List all lines of the data containing the word "cell".

........

//! A table, seen in its file.

use crate::counted::Counted;
use crate::fixed_rows::FixedRows;
use crate::indexing::{bytes_are_bytes, index_has_bytes};
use crate::iteration::Rows;
use crate::laws::{opened_is_spelled, refusals_are_first_faults, spelled_is_opened};
use crate::row::RowView;
use crate::table_file::TableFile;
use std::alloc::{AllocError, Global};
use std::marker::Model;
use std::sync::ledger::Ledger;
use vpf_findings::source::Steps;
use vpf_head::Header;
use vpf_triplet::{Place, PlaceError};
use vpf_varindex::IndexView;

/// A table whose header and rows stay in the file (MIL-STD-2407, 5.4, VPF table encoding), maybe with its variable-length
/// index. Contracts see it as its header and the list of its rows.
#[derive(Drop)]
pub struct TableView<'a> {
    file: TableFile<'a>,
    index: Option<IndexView<'a>>,
}

impl<'a> Model for TableView<'a> {
    ghost use Rattle.vpf_table.specs.Grid.{Grid};

    ghost Value = { Grid };

    ghost use Rattle.vpf_table.specs.Inner.Views.{grid_of, HasOwnIndex};

    ghost view = { grid_of };

    ghost invariant = { HasOwnIndex };
}

impl<'a> TableFile<'a> {
    ghost use Rattle.std.specs.Prelude.{◌≡◌, IfErr, IfOk, IsOk, Ok, Some};
    ghost use Rattle.vpf_base.specs.Bytes.{IsBytes};
    ghost use Rattle.vpf_triplet.specs.Places.{Gives};
    ghost use Rattle.vpf_table.specs.Faults.{FirstFault};
    ghost use Rattle.vpf_table.specs.Opening.{opened_of};
    ghost use Rattle.vpf_table.specs.Spans.{IsOpened};

    /// The table without an index.
    pub fn without_index(self) -> TableView<'a>
        ensures { result ≡ self.entry.grid }
    {
        TableView {
            file: self,
            index: None,
        }
    }

    /// The table with its index, as `TableView::open` opens it from the same bytes: refused exactly where `index` is no
    /// index, at its first fault, and where it isn't this table's own. The rows are walked once.
    pub fn with_index(self, index: &'a [u8]) -> Result<TableView<'a>, Place>
        // What is opened is spelled so.
        ensures found { IfOk result (λ t. IsOpened t self.entry.bytes (Some index.now)) }
        // The table, or the first fault of the index.
        ensures exact { Gives (λ t. t) result (opened_of self.entry.bytes (Some index.now)) }
        // What is refused has this first fault.
        ensures refused { IfErr result (FirstFault self.entry.bytes (Some index.now)) }
    {
        opened_is_spelled();
        refusals_are_first_faults();
        self.bytes_are_bytes();
        bytes_are_bytes(index);
        match self.own_index(index) {
            Ok(entries) => Ok(TableView {
                file: self,
                index: Some(entries),
            }),
            Err(place) => Err(place),
        }
    }

    /// The table with an index that is known to be its own, as `TableView::open` opens it from the same bytes. Takes no walk,
    /// and never fails.
    pub fn with_own_index(self, index: &'a [u8]) -> TableView<'a>
        requires { IsOk (opened_of self.bytes (Some index.now)) }
        ensures found { IsOpened result self.entry.bytes (Some index.now) }
        ensures exact { opened_of self.entry.bytes (Some index.now) ≡ Ok result }
    {
        opened_is_spelled();
        self.bytes_are_bytes();
        bytes_are_bytes(index);
        let entries = self.known_index(index);
        TableView {
            file: self,
            index: Some(entries),
        }
    }

    /// Whether an index is this table's own, exactly as `with_index` tells.
    pub fn check_index(&self, index: &[u8]) -> Result<(), Place>
        ensures found { IfOk result (λ _. IsOpened self.now.grid self.now.bytes (Some index.now)) }
        ensures exact { Gives (λ _. self.now.grid) result (opened_of self.now.bytes (Some index.now)) }
        ensures refused { IfErr result (FirstFault self.now.bytes (Some index.now)) }
    {
        opened_is_spelled();
        refusals_are_first_faults();
        self.bytes_are_bytes();
        bytes_are_bytes(index);
        match self.own_index(index) {
            Ok(_entries) => Ok(()),
            Err(place) => Err(place),
        }
    }
}

impl<'a> TableView<'a> {
    ghost use Rattle.std.specs.Prelude.{◌≡◌, ◌≤◌, ◌+◌, ◌-◌, ◌==◌, ◌<◌, ◌^◌, ℕ, All, false, IfOk, IfErr, IfSome, IsSome, IsTrue, Ok, Some, length, slice_get};
    ghost use Rattle.std.specs.Option.{option_copied};
    ghost use Rattle.vpf_triplet.specs.Places.{Answers, ForPlace};
    ghost use Rattle.vpf_table.specs.Inner.Counts.{IsCountOf};
    ghost use Rattle.vpf_table.specs.Faults.{FirstFault};
    ghost use Rattle.vpf_table.specs.Grid.{Grid};
    ghost use Rattle.vpf_base.specs.declared.orders.Order.{Order};
    ghost use Rattle.vpf_table.specs.Canonical.{FitsRow, rows_text};
    ghost use Rattle.vpf_base.specs.Limits.{most_rows};
    ghost use Rattle.vpf_head.specs.Head.{varies_in};
    ghost use Rattle.vpf_table.specs.Inner.Widths.{width_of};
    ghost use Rattle.vpf_table.specs.Opening.{opened_of};
    ghost use Rattle.vpf_table.specs.Reading.{table_of};
    ghost use Rattle.vpf_table.specs.Spans.{IsOpened};

    /// The table of a file: its header, and one row after another up to the end. A given index must be this table's own.
    /// Refused exactly where the bytes are no table, at the first fault; a cell's fault stands at the cell's first byte,
    /// `limit-rows` at the first byte of row 16,777,216. Then exactly where a given index is no index, at its first fault;
    /// `index-count` at 0 where it has another number of entries than the table has rows; and `index-row` at the first
    /// entry that isn't the offset and the length of its row. Rows of one width are counted without a look at them. Takes
    /// memory for the header alone.
    pub fn open(
        alloc: Global,
        bytes: &'a [u8],
        index: Option<&'a [u8]>,
    ) -> Result<TableView<'a>, PlaceError>
        // What is opened is spelled so.
        ensures found { IfOk result (λ t. IsOpened t bytes.now (option_copied index.entry)) }
        // What is spelled as a table, with its own index where one is given, is opened as that table, unless memory runs
        // out.
        ensures only { (g : Grid) → IsOpened g bytes.now (option_copied index.entry) → Answers (λ t. t) result (Ok g) }
        // The table, or the first fault, unless memory ran out.
        ensures exact { Answers (λ t. t) result (opened_of bytes.now (option_copied index.entry)) }
        // What is refused has this first fault.
        ensures refused { IfErr result (ForPlace (FirstFault bytes.now (option_copied index.entry))) }
    {
        spelled_is_opened();
        opened_is_spelled();
        refusals_are_first_faults();
        index_has_bytes(index);
        TableView::read(alloc, bytes, index)
    }

    fn read(
        alloc: Global,
        bytes: &'a [u8],
        index: Option<&'a [u8]>,
    ) -> Result<TableView<'a>, PlaceError>
        ensures { Answers (λ t. t) result (opened_of bytes.now (option_copied index.entry)) }
    {
        let file = match TableFile::read(alloc, bytes) {
            Ok(file) => file,
            Err(error) => return Err(error),
        };
        let Some(index) = index else {
            return Ok(file.without_index());
        };
        match file.with_index(index) {
            Ok(table) => Ok(table),
            Err(place) => Err(PlaceError::Place(place)),
        }
    }

    /// The table of a file without its index, exactly as `TableFile::read` tells it. Where the file begins with the bytes of
    /// this table's header, that header is shared, and no memory is taken.
    pub fn read_like(&self, alloc: Global, bytes: &'a [u8]) -> Result<TableFile<'a>, PlaceError>
        ensures bytes { IfOk result (λ file. file.bytes ≡ bytes.now) }
        ensures exact { Answers (λ file. file.grid) result (table_of bytes.now) }
    {
        self.file.read_like(alloc, bytes)
    }

    /// The table of bytes that were counted, without an index, as `TableFile::read_counted` tells it. Where the file begins
    /// with the bytes of this table's header, that header is shared, and no memory is taken.
    pub fn counted_like(
        &self,
        alloc: Global,
        bytes: &'a [u8],
        counted: Counted,
    ) -> Result<TableFile<'a>, AllocError>
        requires { IsCountOf bytes.now counted }
        ensures bytes { IfOk result (λ file. file.bytes ≡ bytes.now) }
        ensures exact { IfOk result (λ file. table_of bytes.now ≡ Ok file.grid) }
    {
        self.file.counted_like(alloc, bytes, counted)
    }

    /// The header.
    pub fn header(&self) -> &Header<'a>
        ensures { result.now ≡ self.now.head }
    {
        self.file.header()
    }

    /// The number of rows, of which there are at most 16,777,215.
    pub fn len(&self) -> u32
        ensures value { result ≡ length self.now.rows }
        ensures most { result ≤ most_rows }
    {
        self.file.len()
    }

    /// Whether there are no rows.
    pub fn is_empty(&self) -> bool
        ensures { result ≡ (length self.now.rows == 0) }
    {
        self.file.len() == 0
    }

    /// Row `k`, counted from 1, with a tick for it. Found in constant time where rows have one width or the table was opened
    /// with an index, and else by a walk from the first row.
    pub fn row<L: Ledger>(&self, k: u32, steps: &mut Steps<L>) -> RowView<'_, 'a>
        requires first { 1 ≤ k }
        requires last { k ≤ length self.now.rows }
        ensures row { slice_get self.now.rows (k - 1) ≡ Some result }
        ensures width { length result ≡ length self.now.head.columns }
        ensures tick { steps.new ≡ steps.old + 1 }
    {
        steps.tick();
        self.file.row(&self.index, k - 1)
    }

    /// Whether `row` finds a row in constant time: rows have one width, or the table was opened with its index. Else it
    /// walks from the first. Contracts don't see the index, so a clause speaks of the width alone.
    pub fn finds_rows_directly(&self) -> bool
        ensures { (w : ℕ) → width_of self.now.head.columns ≡ Some w → w < 2 ^ 64 → IsTrue result }
    {
        self.file.has_width() || self.index.is_some()
    }

    /// Each row once, in order, with a cell for each column.
    pub fn rows(&self) -> Rows<'_, 'a>
        ensures rows { result ≡ self.now.rows }
        ensures width { All (λ row. length row ≡ length self.now.head.columns) result }
        // Each cell fits its column.
        ensures fits { All (FitsRow self.now.head.columns) result }
    {
        self.file.rows()
    }

    /// No fewer bytes than the rows have in canonical spelling, in either order.
    pub fn most_len(&self) -> usize
        ensures { (order : Order) → length (rows_text order self.now.head.columns self.now.rows) ≤ result }
    {
        self.file.most_len()
    }

    /// The rows as they lie in the file, where they have one width, of some bytes: in their canonical spelling.
    pub fn fixed_rows(&self) -> Option<FixedRows<'_>>
        ensures known { (w : ℕ) → width_of self.now.head.columns ≡ Some w → 0 < w → w < 2 ^ 64 → varies_in self.now.head.columns ≡ false → IsSome result }
        ensures some { IfSome result (λ rows. 0 < rows.width) }
        ensures width { IfSome result (λ rows. width_of self.now.head.columns ≡ Some rows.width) }
        ensures alike { IfSome result (λ rows. varies_in self.now.head.columns ≡ false) }
        ensures bytes { IfSome result (λ rows. rows.bytes.now ≡ rows_text self.now.head.order self.now.head.columns self.now.rows) }
        ensures fits { IfSome result (λ rows. All (FitsRow self.now.head.columns) self.now.rows) }
    {
        self.file.fixed_rows()
    }
}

........

** Written response **
    /// Refused exactly where the bytes are no table, at the first fault; a cell's fault stands at the cell's first byte,
    /// Each row once, in order, with a cell for each column.
        // Each cell fits its column.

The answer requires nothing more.